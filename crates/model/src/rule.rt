// The types of `rule.rs`. A premise is its `RuleCondition`.
use number::ComparisonOperator;

#[derive(Clone, Copy)]
pub enum NodeAttribute {
    Demand,
    Head,
    Pressure,
}

#[derive(Clone, Copy)]
pub enum TankAttribute {
    Level,
    FillTime,
    DrainTime,
}

#[derive(Clone, Copy)]
pub enum LinkAttribute {
    Flow,
    Status,
    Setting,
}

#[derive(Clone, Copy)]
pub enum SystemAttribute {
    Demand,
    Time,
    ClockTime,
}

// What a premise looks at: a node or a link by its index, or the system.
#[derive(Clone, Copy)]
pub enum RuleConditionTarget {
    Node(usize, NodeAttribute),
    Tank(usize, TankAttribute),
    Link(usize, LinkAttribute),
    System(SystemAttribute),
}

#[derive(Clone, Copy)]
pub enum ConditionValue {
    Number(f64),
    Status(u32),
    Time(u32),
}

#[derive(Clone, Copy)]
pub enum RuleConditionOperator {
    Or,
    And,
}

#[derive(Clone, Copy)]
pub struct Premise {
    pub operator: RuleConditionOperator,
    pub target: RuleConditionTarget,
    pub comparison: ComparisonOperator,
    pub value: ConditionValue,
}
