// `pattern.rs`: which pattern, and its multiplier at a period.
ghost use Rattle.std.specs.Prelude.{◌≡◌};
ghost use Rattle.model.specs.Patterns.{period, multiplier_at};

// The pattern period of an instant; 0 where the timestep is 0.
pub fn period(pattern_start: u32, pattern_timestep: u32, time: u32) -> u64
    ensures { result ≡ period pattern_start pattern_timestep time }
{
    if pattern_timestep == 0 {
        return 0;
    }
    (u64::from(pattern_start) + u64::from(time)) / u64::from(pattern_timestep)
}

// A pattern's multiplier at a period; 1 where it has none.
#[tactic(auto, unfolding(crate::specs::Patterns::multiplier_at, number::specs::Constants::decimal))]
pub fn multiplier_at(multipliers: &[f64], period: u64) -> f64
    ensures { result ≡ multiplier_at multipliers.now period }
{
    if multipliers.is_empty() {
        return 1.0;
    }
    multipliers[(period as usize) % multipliers.len()]
}
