// `node.rs`, `reservoir.rs`, `junction.rs`, `demand.rs`.
ghost use Rattle.std.specs.Prelude.{◌≡◌};
ghost use Rattle.model.specs.Nodes.{elevation, initial_head, is_tank, is_junction};

use tank::Tank;

#[derive(Clone, Copy)]
pub struct Reservoir {
    pub elevation: f64,
    pub head_pattern: Option<usize>,
}

#[derive(Clone, Copy)]
pub struct Demand {
    pub base: f64,
    pub pattern: Option<usize>,
}

// A junction's demands, in order.
#[derive(Clone, Copy)]
pub enum Demands {
    NoDemand,
    One(Demand),
    Two(Demand, Demand),
    Three(Demand, Demand, Demand),
    Four(Demand, Demand, Demand, Demand),
}

#[derive(Clone, Copy)]
pub struct Junction {
    pub disabled: bool,
    pub elevation: f64,
    pub demands: Demands,
}

#[derive(Clone, Copy)]
pub enum NodeType {
    Reservoir(Reservoir),
    Tank(Tank),
    Junction(Junction),
}

#[derive(Clone, Copy)]
pub struct Node {
    pub kind: NodeType,
}

impl Node {
    pub fn elevation(self) -> f64
        ensures { result ≡ elevation self }
    {
        match self.kind {
            NodeType::Reservoir(r) => r.elevation,
            NodeType::Tank(t) => t.elevation.0,
            NodeType::Junction(j) => j.elevation,
        }
    }

    #[tactic(auto, unfolding(number::specs::Constants::decimal))]
    pub fn initial_head(self) -> f64
        ensures { result ≡ initial_head self }
    {
        match self.kind {
            NodeType::Reservoir(r) => r.elevation,
            NodeType::Tank(t) => t.elevation.0 + t.initial_level.0,
            NodeType::Junction(_) => 0.0,
        }
    }

    pub fn is_tank(self) -> bool
        ensures { result ≡ is_tank self }
    {
        matches!(self.kind, NodeType::Tank(_))
    }

    pub fn is_junction(self) -> bool
        ensures { result ≡ is_junction self }
    {
        matches!(self.kind, NodeType::Junction(_))
    }
}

**TASK DESCRIPTION**: Write out, please, only the lines from the one with "pub struct Demand" through the last line above, both included and unchanged.

**EXERCISE RESULT**:
pub struct Demand {
    pub base: f64,
    pub pattern: Option<usize>,
}

// A junction's demands, in order.
#[derive(Clone, Copy)]
pub enum Demands {
    NoDemand,
    One(Demand),
    Two(Demand, Demand),
    Three(Demand, Demand, Demand),
    Four(Demand, Demand, Demand, Demand),
}

#[derive(Clone, Copy)]
pub struct Junction {
    pub disabled: bool,
    pub elevation: f64,
    pub demands: Demands,
}

#[derive(Clone, Copy)]
pub enum NodeType {
    Reservoir(Reservoir),
    Tank(Tank),
    Junction(Junction),
}

#[derive(Clone, Copy)]
pub struct Node {
    pub kind: NodeType,
}

impl Node {
    pub fn elevation(self) -> f64
        ensures { result ≡ elevation self }
    {
        match self.kind {
            NodeType::Reservoir(r) => r.elevation,
            NodeType::Tank(t) => t.elevation.0,
            NodeType::Junction(j) => j.elevation,
        }
    }

    #[tactic(auto, unfolding(number::specs::Constants::decimal))]
    pub fn initial_head(self) -> f64
        ensures { result ≡ initial_head self }
    {
        match self.kind {
            NodeType::Reservoir(r) => r.elevation,
            NodeType::Tank(t) => t.elevation.0 + t.initial_level.0,
            NodeType::Junction(_) => 0.0,
        }
    }

    pub fn is_tank(self) -> bool
        ensures { result ≡ is_tank self }
    {
        matches!(self.kind, NodeType::Tank(_))
    }

    pub fn is_junction(self) -> bool
        ensures { result ≡ is_junction self }
    {
        matches!(self.kind, NodeType::Junction(_))
    }
}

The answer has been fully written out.